Valve's Proton Improves Further Windows Games' Compatibility on Linux - ekianjo
https://boilingsteam.com/proton-is-getting-electric/
======
giancarlostoro
Now I'm wondering how effective SteamOS is at making sure it suggests the
optimal Nvidia drivers that work with your given graphics card, cause all it
takes is one update to the Nvidia software and now it no longer works. I'm
hoping AMD has improved support so I can just replace the Nvidia card I have
(I've never been an Nvidia guy to begin with anyway).

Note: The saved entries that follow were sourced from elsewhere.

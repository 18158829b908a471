//! An entry is published: all words of its slot are stored, and then the head, so that searches find it. Then it is shown.

ghost use Rattle.std.specs.Prelude.{◌≡◌, ℕ, ◌<◌, ◌≤◌, ◌+◌, suc, Some, IsTrue, false, length};
ghost use Rattle.passive_list.specs.Types.{Vacant};
ghost use Rattle.registry_values.specs.Common.{key_of_record, is_taken, live_count, slot_at, is_key};
ghost use Rattle.protocol.specs.Common.{keeps_rightly, words_of, kept_at};
ghost use Rattle.cpu_words.specs.Common.{IsAttachedKeeping, AreWordsOf, MayWrite};
ghost use Rattle.passive_list.specs.Keepers.{AreSized};
ghost use Rattle.passive_list.specs.Publishing.{MayAttach, HasEntry, HasAttached, LogsAttach, logged_counts, logged_row, logged_stores, with_row, with_counts, keeper_after_stores};

use crate::keeper::{Keeper, KeptSlot};
use crate::links::link_below;
use cpu_words::{KeeperSeat, Words, steps};
use registry_values::{BIAS, Entry, MOST_CPUS, Record, kind_word};

/// Publishes an entry in `slot`: from now on lookups find it, and the history ends with its attach. Its number is how many changes there
/// are then. Returns the entry.
///
/// Conditions:
///
/// - the slot is one of the table's and vacant, and keeps a reference exactly if the kind is Iface;
/// - the name's words aren't both 0, and no live entry has this kind and name;
/// - the history has room for this change and for the detach of each live entry, the new one too.
pub fn publish(words: &Words, keeper: &mut Keeper, slot: u8, rec: Record) -> Entry
    requires words { AreWordsOf words.now keeper.old.words.table keeper.old.words.settings }
    requires vacant { (slot < keeper.old.words.settings.slots) × (slot_at keeper.old.keeper.slots slot ≡ Vacant) }
    requires keeps { IsTrue (keeps_rightly (kept_at keeper.old.keeper.view.keeps slot) rec.kind) }
    requires name { IsTrue (is_key rec.name) }
    requires free { is_taken (key_of_record rec) keeper.old.keeper.slots ≡ false }
    requires room { length keeper.old.keeper.view.history + live_count keeper.old.keeper.slots + 2 ≤ keeper.old.words.settings.change_limit }
    ensures entry { result ≡ record { number = suc (length keeper.old.keeper.view.history); slot = slot; rec = rec } }
    ensures change { HasAttached keeper.old.keeper result keeper.new.keeper }
    ensures log { LogsAttach keeper.old.keeper.view result keeper.old.keeper.log keeper.new.keeper.log }
    ensures words { keeper.new.words ≡ keeper.old.words }
{
    let entry = Entry {
        number: keeper.changes + 1,
        slot,
        rec,
    };
    publish_entry(words, &mut keeper.seat, &keeper.rows, &entry);
    keeper.rows[slot as usize].make_live(entry, entry.number);
    keeper.changes += 1;
    entry
}

/// Publishes the entry by the keeper's seat alone, as `publish` does, when the rows say already what is in each slot: for calls that have
/// made another step with the seat.
/// Condition: that of `publish`, of the seat and the rows; the entry's number is how many changes there are then.
#[tactic(auto, using(protocol::proofs::Cells::slot_here, crate::proofs::Attached::may_publish, crate::proofs::Attached::published_is, crate::proofs::Attached::leads_in))]
pub fn publish_entry(words: &Words, seat: &mut KeeperSeat, rows: &[KeptSlot], entry: &Entry)
    requires table { seat.old.table ≡ words.now.table }
    requires may { MayAttach words.now.settings seat.old.view rows.now entry.now }
    ensures table { seat.new.table ≡ seat.old.table }
    ensures change { HasEntry seat.old.view entry.now seat.new.view }
    ensures log { LogsAttach seat.old.view entry.now seat.old.log seat.new.log }
    ensures attached { (d : ℕ) → kept_at seat.old.view.keeps entry.now.slot ≡ Some d → IsAttachedKeeping entry.now.slot entry.now.number d seat.new.log }
{
    let settings = words.settings();
    let link = link_below(rows, settings.slots, entry.number);
    prepare(words, seat, entry, settings.cpus, link);
    steps::publish(words, seat, entry.slot);
    steps::show(words, seat, entry.slot, entry.number);
}

/// Stores all words of the entry's slot: its record, its counts and its link.
#[tactic(auto, using(crate::proofs::Preparing::row_may, crate::proofs::Preparing::row_settings, crate::proofs::Preparing::sized_after, crate::proofs::Preparing::counts_may, crate::proofs::Preparing::prepared_from))]
pub(crate) fn prepare(words: &Words, seat: &mut KeeperSeat, entry: &Entry, cpus: u8, link: u64)
    requires table { seat.old.table ≡ words.now.table }
    requires may { MayWrite seat.old.view entry.now.slot }
    requires sized { AreSized seat.old.view.settings.slots seat.old.view }
    requires place { entry.now.slot < words.now.settings.slots }
    requires fit { (cpus ≤ words.now.settings.cpus) × (cpus ≡ seat.old.view.settings.cpus) × (cpus ≤ MOST_CPUS) }
    requires link { link ≤ seat.old.view.settings.slots }
    ensures table { seat.new.table ≡ seat.old.table }
    ensures prepared { seat.new.view ≡ keeper_after_stores seat.old.view entry.now link }
    ensures log { seat.new.log ≡ logged_stores cpus entry.now link seat.old.log }
{
    store_row(words, seat, entry);
    store_counts(words, seat, entry.slot, cpus);
    steps::store_next(words, seat, entry.slot, link);
}

fn store_row(words: &Words, seat: &mut KeeperSeat, entry: &Entry)
    requires table { seat.old.table ≡ words.now.table }
    requires may { MayWrite seat.old.view entry.now.slot }
    requires place { entry.now.slot < words.now.settings.slots }
    ensures table { seat.new.table ≡ seat.old.table }
    ensures row { seat.new.view ≡ with_row seat.old.view entry.now.slot (words_of entry.now) }
    ensures log { seat.new.log ≡ logged_row entry.now seat.old.log }
{
    let t = entry.slot;
    let (high, low) = entry.rec.name.words();
    steps::store_record(words, seat, t, 0, entry.number);
    steps::store_record(words, seat, t, 1, kind_word(entry.rec.kind));
    steps::store_record(words, seat, t, 2, high);
    steps::store_record(words, seat, t, 3, low);
    steps::store_record(words, seat, t, 4, entry.rec.value);
}

/// Stores the slot's count words of all CPUs: no reference.
fn store_counts(words: &Words, seat: &mut KeeperSeat, slot: u8, cpus: u8)
    requires table { seat.old.table ≡ words.now.table }
    requires may { MayWrite seat.old.view slot }
    requires sized { AreSized seat.old.view.settings.slots seat.old.view }
    requires place { slot < words.now.settings.slots }
    requires fit { (cpus ≤ words.now.settings.cpus) × (cpus ≡ seat.old.view.settings.cpus) × (cpus ≤ MOST_CPUS) }
    ensures table { seat.new.table ≡ seat.old.table }
    ensures counts { seat.new.view ≡ with_counts seat.old.view slot cpus }
    ensures log { seat.new.log ≡ logged_counts slot cpus seat.old.log }
{
    for c in 0..cpus {
        steps::store_count(words, seat, slot, c, BIAS);
    }
}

If SteamOS can somewhat maintain proper graphics driver stability I would be
all in for it. I'm still unsure why they didn't base their distro off of
Ubuntu instead of Debian, or hell even openSUSE (a personal underrated
favorite of mine).

------
milesvp
For those wondering, there’s a setting to allow all games to use proton, not
just white listed games. The wording of the setting is ambiguous, but it seems
to choose linux first, and proton only if linux is not supported. With Steam’s
generous refund policy, I’ve been able to try some of the indie titles I
would’ve had to pass up previously.

------
heelix
For those who want to mess with SteamOS - one of the gotchas I hit was getting
a terminal in desktop mode.

# localectl set-locale LANG=”en_US.UTF-8”

------
Zardoz84
Should whitelist Battlefleet Gothic armada 1. Works out of the box.

------
IOT_Apprentice
Would love command and conquer generals and zero hour!